During Burundi's 13-year civil war, which ended in 2006, Niyombare (pictured) fought alongside Nkurunziza, who led the rebel National Council for the Defense of Democracy–Forces for the Defense of Democracy (CNDD-FDD).
While serving as army chief of staff in 2010, Niyombare announced that 12 soldiers and one officer had been arrested after being accused of plotting a coup against Nkurunziza.
Niyombare was appointed head of the Burundian army in 2014, replacing Adolphe Nshimirimana. Niyombare had a reputation for professionalism and integrity, commanding respect among rank-and-file soldiers.
He later served as Burundi's ambassador to Kenya.
From rebel mate to coup plotter
Last December Niyombare was appointed head of national intelligence, placing him at the heart of government affairs as well as Nkurunziza's powerful security apparatus.
But his rise came to an abrupt end less than three months later, when he was fired in February for privately opposing Nkurunziza's intention to run for a third term.

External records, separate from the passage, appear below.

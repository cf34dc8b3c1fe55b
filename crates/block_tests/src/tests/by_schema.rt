//! Values and terms of a block by a schema. The expected bytes are worked out by hand: of a term the field's number with its highest byte first, the
//! letter of the type and the value, of a signed number with its highest bit turned. A record has of it what it doesn't share with the one before.

use std::alloc::Global;
use std::test::Fail;
use tantivy_schema::common::Cause;
use tv_blocks::status::error_answer;
use tv_blocks::{
    Answer, BlockError, DocumentRefusal, TermsRefusal, read_schema, schema_terms_of_block,
    values_of_block,
};
use tv_schema::Schema;
use tv_store::DocStoreVersion;

const SCHEMA: &[u8] = br#"[{"name":"s","type":"text","options":{"stored":true,"indexing":{}}},
{"name":"u","type":"u64","options":{"indexed":true,"stored":true}},
{"name":"i","type":"i64","options":{"indexed":false,"stored":true}},
{"name":"j","type":"json_object","options":{"stored":true,"fast":false,"indexing":{}}}]"#;

// Where nothing was written.
const KEPT: u8 = 0xa5;

const TWO: DocStoreVersion = DocStoreVersion::V2;

// In version 2: `a` in field 0 and 258 in field 1; nothing; `k` with `v` and `n` with 7 in field 3, and `b` in field 0.
const BLOCK: &[u8] = b"\
\x82\0\0\0\0\0\x81a\x01\0\0\0\x01\x02\x01\0\0\0\0\0\0\
\x80\
\x82\x03\0\0\0\x0d\x84\0\x81k\0\x81v\0\x81n\x01\x07\0\0\0\0\0\0\0\0\0\0\0\0\x81b";

// The values of field 0: the numbers of the documents, 1 for texts, and the lengths.
const TEXTS: &[u8] = b"\
\0\0\0\0\0\0\0\0\x01\0\0\0\0\0\0\0\x01\0\0\0\0\0\0\0a\
\x02\0\0\0\0\0\0\0\x01\0\0\0\0\0\0\0\x01\0\0\0\0\0\0\0b";

// That of field 3, as JSON.
const OBJECT: &[u8] = b"\
\x02\0\0\0\0\0\0\0\x09\0\0\0\0\0\0\0\x0f\0\0\0\0\0\0\0{\"k\":\"v\",\"n\":7}";

// The terms of all fields. Those of fields 0 and 1 share three bytes, those of field 3 five, and the last two three.
const TERMS: &[u8] = b"\
\0\0\0\0\0\0\0\0\0\0\0\0\0\0\0\0\x06\0\0\0\0\0\0\0\0\0\0\0sa\
\0\0\0\0\0\0\0\0\x03\0\0\0\0\0\0\0\x0a\0\0\0\0\0\0\0\x01u\0\0\0\0\0\0\x01\x02\
\x02\0\0\0\0\0\0\0\0\0\0\0\0\0\0\0\x09\0\0\0\0\0\0\0\0\0\0\x03jk\0sv\
\x02\0\0\0\0\0\0\0\x05\0\0\0\0\0\0\0\x0b\0\0\0\0\0\0\0n\0i\x80\0\0\0\0\0\0\x07\
\x02\0\0\0\0\0\0\0\x03\0\0\0\0\0\0\0\x03\0\0\0\0\0\0\0\0sb";

// In version 2: `x` and `y` at `a` and `b` below `p` in field 3; `a` in field 0 and the text `z` in field 1, which is of numbers; `b` in field 0.
const FAULTY: &[u8] = b"\
\x81\x03\0\0\0\x0d\x82\0\x81p\x0d\x84\0\x81a\0\x81x\0\x81b\0\x81y\
\x82\0\0\0\0\0\x81a\x01\0\0\0\0\x81z\
\x81\0\0\0\0\0\x81b";

// Their records: the terms below `p` share seven bytes, document 1 has none for reason 16 in field 1, and the first term of document 2 shares nothing.
const FAULTS: &[u8] = b"\
\0\0\0\0\0\0\0\0\0\0\0\0\0\0\0\0\x0b\0\0\0\0\0\0\0\0\0\0\x03jp\x01a\0sx\
\0\0\0\0\0\0\0\0\x07\0\0\0\0\0\0\0\x04\0\0\0\0\0\0\0b\0sy\
\x01\0\0\0\0\0\0\0\xff\xff\xff\xff\xff\xff\xff\xff\x10\0\0\0\0\0\0\0\x10\0\0\0\0\0\0\0\x01\0\0\0\0\0\0\0\
\x02\0\0\0\0\0\0\0\0\0\0\0\0\0\0\0\x06\0\0\0\0\0\0\0\0\0\0\0sb";

// A document with a value of each kind in field 0, and with `z` in field 1.
const KINDS: &[u8] = b"\
\x8d\
\0\0\0\0\x0b\
\0\0\0\0\0\x81a\
\0\0\0\0\x01\x07\0\0\0\0\0\0\0\
\0\0\0\0\x02\xfe\xff\xff\xff\xff\xff\xff\xff\
\x01\0\0\0\0\x81z\
\0\0\0\0\x09\x01\
\0\0\0\0\x05\xff\xff\xff\xff\xff\xff\xff\xff\
\0\0\0\0\x03\x83a\0b\
\0\0\0\0\x04\x82\0\xff\
\0\0\0\0\x0a\x01\0\0\0\0\0\0\0\0\0\0\0\0\0\0\0\
\0\0\0\0\x07\0\x81x\x80\
\0\0\0\0\x0c\x82\x0b\0\x81y\
\0\0\0\0\x0d\x82\0\x81k\x0b";

// The values of field 0: nothing, `a`, 7, -2, true, a nanosecond before 1970, `/a/b`, bytes, `::1`, a text with tokens, an array, an object.
const EACH_KIND: &[u8] = b"\
\0\0\0\0\0\0\0\0\0\0\0\0\0\0\0\0\0\0\0\0\0\0\0\0\
\0\0\0\0\0\0\0\0\x01\0\0\0\0\0\0\0\x01\0\0\0\0\0\0\0a\
\0\0\0\0\0\0\0\0\x02\0\0\0\0\0\0\0\x08\0\0\0\0\0\0\0\x07\0\0\0\0\0\0\0\
\0\0\0\0\0\0\0\0\x03\0\0\0\0\0\0\0\x08\0\0\0\0\0\0\0\xfe\xff\xff\xff\xff\xff\xff\xff\
\0\0\0\0\0\0\0\0\x04\0\0\0\0\0\0\0\x01\0\0\0\0\0\0\0\x01\
\0\0\0\0\0\0\0\0\x05\0\0\0\0\0\0\0\x08\0\0\0\0\0\0\0\xff\xff\xff\xff\xff\xff\xff\xff\
\0\0\0\0\0\0\0\0\x06\0\0\0\0\0\0\0\x03\0\0\0\0\0\0\0a\0b\
\0\0\0\0\0\0\0\0\x07\0\0\0\0\0\0\0\x02\0\0\0\0\0\0\0\0\xff\
\0\0\0\0\0\0\0\0\x08\0\0\0\0\0\0\0\x10\0\0\0\0\0\0\0\0\0\0\0\0\0\0\0\0\0\0\0\0\0\0\x01\
\0\0\0\0\0\0\0\0\x09\0\0\0\0\0\0\0\x18\0\0\0\0\0\0\0{\"text\":\"x\",\"tokens\":[]}\
\0\0\0\0\0\0\0\0\x09\0\0\0\0\0\0\0\x0a\0\0\0\0\0\0\0[null,\"y\"]\
\0\0\0\0\0\0\0\0\x09\0\0\0\0\0\0\0\x0a\0\0\0\0\0\0\0{\"k\":null}";

// Documents that have no terms, and why: of field 9, of field 1 with a text, and of field 3 with the key U+0000 and with bytes.
const WITHOUT_TERMS: [(&[u8], TermsRefusal); 4] = [
    (b"\x81\x09\0\0\0\0\x81a", TermsRefusal::ForeignField),
    (b"\x81\x01\0\0\0\0\x81a", TermsRefusal::WrongType),
    (
        b"\x81\x03\0\0\0\x0d\x82\0\x81\0\0\x81v",
        TermsRefusal::NulInKey,
    ),
    (b"\x81\x03\0\0\0\x04\x81v", TermsRefusal::NoTerm),
];

// Whether the fields have their values.
fn have_values(alloc: Global, schema: &Schema) -> bool {
    let mut values = [KEPT; 52];
    values_of_block(alloc, schema, b"s", TWO, BLOCK, &mut values) == Ok(50)
        && values.starts_with(TEXTS)
        && values.ends_with(&[KEPT; 2])
        && values_of_block(alloc, schema, b"j", TWO, BLOCK, &mut values) == Ok(39)
        && values.starts_with(OBJECT)
        && values_of_block(alloc, schema, b"i", TWO, BLOCK, &mut values) == Ok(0)
        && values.starts_with(OBJECT)
}

#[test]
fn a_field_has_values(rt: HostRuntime) -> Result<(), Fail> {
    let alloc = rt.alloc();
    let schema = read_schema(alloc, SCHEMA).expect(&rt, "a schema");
    assert!(rt; have_values(alloc, &schema));
    Ok(())
}

// Whether a field has values of each kind where they fit, and none is written where they don't.
fn has_each_kind(alloc: Global, schema: &Schema) -> bool {
    let mut values = [KEPT; 379];
    let mut short = [KEPT; 378];
    let needed = BlockError::TooSmall {
        bytes: 379,
        lines: 0,
    };
    values_of_block(alloc, schema, b"s", TWO, KINDS, &mut values) == Ok(379)
        && values.as_slice() == EACH_KIND
        && values_of_block(alloc, schema, b"s", TWO, KINDS, &mut short) == Err(needed)
        && short == [KEPT; 378]
}

#[test]
fn values_are_of_each_kind(rt: HostRuntime) -> Result<(), Fail> {
    let alloc = rt.alloc();
    let schema = read_schema(alloc, SCHEMA).expect(&rt, "a schema");
    assert!(rt; has_each_kind(alloc, &schema));
    Ok(())
}

// Whether the values of a field are refused for this reason, and none is written.
fn has_no_values(
    alloc: Global,
    schema: &Schema,
    name: &[u8],
    block: &[u8],
    error: BlockError,
) -> bool {
    let mut none = [KEPT; 64];
    values_of_block(alloc, schema, name, TWO, block, &mut none) == Err(error) && none == [KEPT; 64]
}

#[test]
fn values_are_refused(rt: HostRuntime) -> Result<(), Fail> {
    let alloc = rt.alloc();
    let schema = read_schema(alloc, SCHEMA).expect(&rt, "a schema");
    let broken = BlockError::BadDocument {
        start: 22,
        refusal: DocumentRefusal::Corrupted(Cause::UnexpectedEnd),
    };
    assert!(rt;
        has_no_values(alloc, &schema, b"\xff", BLOCK, BlockError::NotUtf8)
            && has_no_values(alloc, &schema, b"", BLOCK, BlockError::NoField)
            && has_no_values(alloc, &schema, b"none", BLOCK, BlockError::NoField)
            && has_no_values(alloc, &schema, b"j.k", BLOCK, BlockError::NoField)
            && has_no_values(alloc, &schema, b"u", &BLOCK[..53], broken)
    );
    Ok(())
}

// Whether documents have these terms where they fit, and none is written where they don't.
fn have_terms(alloc: Global, schema: &Schema, with_faults: bool) -> bool {
    let mut terms = [KEPT; 161];
    let mut short = [KEPT; 158];
    let needed = BlockError::TooSmall {
        bytes: 159,
        lines: 0,
    };
    schema_terms_of_block(alloc, schema, TWO, with_faults, BLOCK, &mut terms) == Ok(159)
        && terms.starts_with(TERMS)
        && terms.ends_with(&[KEPT; 2])
        && schema_terms_of_block(alloc, schema, TWO, with_faults, BLOCK, &mut short) == Err(needed)
        && short == [KEPT; 158]
}

#[test]
fn documents_have_terms_by_a_schema(rt: HostRuntime) -> Result<(), Fail> {
    let alloc = rt.alloc();
    let schema = read_schema(alloc, SCHEMA).expect(&rt, "a schema");
    assert!(rt; have_terms(alloc, &schema, false) && have_terms(alloc, &schema, true));
    Ok(())
}

// Whether no terms of a block are written, for this reason.
fn has_no_terms(
    alloc: Global,
    schema: &Schema,
    with_faults: bool,
    block: &[u8],
    error: BlockError,
) -> bool {
    let mut none = [KEPT; 64];
    schema_terms_of_block(alloc, schema, TWO, with_faults, block, &mut none) == Err(error)
        && none == [KEPT; 64]
}

#[test]
fn documents_have_no_terms(rt: HostRuntime) -> Result<(), Fail> {
    let alloc = rt.alloc();
    let schema = read_schema(alloc, SCHEMA).expect(&rt, "a schema");
    let broken = BlockError::BadDocument {
        start: 22,
        refusal: DocumentRefusal::Corrupted(Cause::UnexpectedEnd),
    };
    assert!(rt;
        has_no_terms(alloc, &schema, false, &BLOCK[..53], broken)
            && has_no_terms(alloc, &schema, true, &BLOCK[..53], broken)
    );
    for (document, refusal) in WITHOUT_TERMS {
        let mut block = Vec::from_slice(alloc, &BLOCK[..22]).expect(&rt, "memory");
        block.extend_from_slice(document).expect(&rt, "memory");
        let error = BlockError::NoTerms { start: 22, refusal };
        assert!(rt; has_no_terms(alloc, &schema, false, block.as_slice(), error));
    }
    Ok(())
}

// Whether a document without terms has a record where faults are wanted, unless a later document can't be read; and whether it is refused where not.
fn has_fault(alloc: Global, schema: &Schema) -> bool {
    let mut terms = [KEPT; 135];
    let refused = BlockError::NoTerms {
        start: 24,
        refusal: TermsRefusal::WrongType,
    };
    let broken = BlockError::BadDocument {
        start: 39,
        refusal: DocumentRefusal::Corrupted(Cause::UnexpectedEnd),
    };
    has_no_terms(alloc, schema, false, FAULTY, refused)
        && has_no_terms(alloc, schema, true, &FAULTY[..46], broken)
        && schema_terms_of_block(alloc, schema, TWO, true, FAULTY, &mut terms) == Ok(133)
        && terms.starts_with(FAULTS)
        && terms.ends_with(&[KEPT; 2])
}

#[test]
fn a_document_without_terms_has_a_record(rt: HostRuntime) -> Result<(), Fail> {
    let alloc = rt.alloc();
    let schema = read_schema(alloc, SCHEMA).expect(&rt, "a schema");
    assert!(rt; has_fault(alloc, &schema));
    Ok(())
}

// The refusal that a record with faults names, and the field.
fn fault_of(alloc: Global, schema: &Schema, document: &[u8]) -> Option<(u8, u8)> {
    let mut terms = [KEPT; 40];
    match schema_terms_of_block(alloc, schema, TWO, true, document, &mut terms) {
        Ok(40) => Some((terms[24], terms[32])),
        _ => None,
    }
}

#[test]
fn records_name_why_a_document_has_no_terms(rt: HostRuntime) -> Result<(), Fail> {
    let alloc = rt.alloc();
    let schema = read_schema(alloc, SCHEMA).expect(&rt, "a schema");
    let faults = [(15, 9), (16, 1), (17, 3), (18, 3)];
    for ((document, _), fault) in WITHOUT_TERMS.into_iter().zip(faults) {
        assert!(rt; fault_of(alloc, &schema, document) == Some(fault));
    }
    Ok(())
}

#[test]
fn refusals_of_terms_are_numbers(rt: HostRuntime) -> Result<(), Fail> {
    let rows = [
        (TermsRefusal::ForeignField, 15),
        (TermsRefusal::WrongType, 16),
        (TermsRefusal::NulInKey, 17),
        (TermsRefusal::NoTerm, 18),
    ];
    for (refusal, detail) in rows {
        let told = Answer {
            status: 8,
            detail,
            place: 7,
            bytes: 0,
            lines: 0,
        };
        assert!(rt; error_answer(BlockError::NoTerms { start: 7, refusal }) == told);
    }
    Ok(())
}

Demonstrators and opposition figures say Nkurunziza’s bid for another five years in office violates a two-term limit outlined in the constitution and the Arusha peace deal, which ended an ethnically fuelled civil war in 2005 that killed 300,000 people.
Speaking to FRANCE 24 just hours after announcing Nkurunziza's ouster on a private radio station Wednesday, Burundi’s former intelligence chief acknowledged “it was not necessary to do what we did” in a democratic country. But, referring to weeks of deadly protests over Nkurunziza’s re-election bid that had killed at least 20 people, Niyombare noted that “when you see what goes on in this country, what happened over the past six weeks, we had no other option”.
At the time of his dismissal, a senior CNDD-FDD official said Niyombare and his deputies – intelligence chief of staff General Leonard Ngendakumana and the head of the domestic intelligence division, General Sylvestre Ndayizeye – were punished for asking the president not to stand for re-election in June
Western nations, including the United States and the European Union, have criticised Nkurunziza's decision to run again.
While Nkurunziza was in Tanzania to attend a regional summit on Burundi's political crisis, Niyombare announced the president's removal from office and the dissolution of his government.
"President Pierre Nkurunziza is removed from office, the government is dissolved," General Niyombare said in his radio broadcast.
"All people are asked to respect the lives and property of others," he added.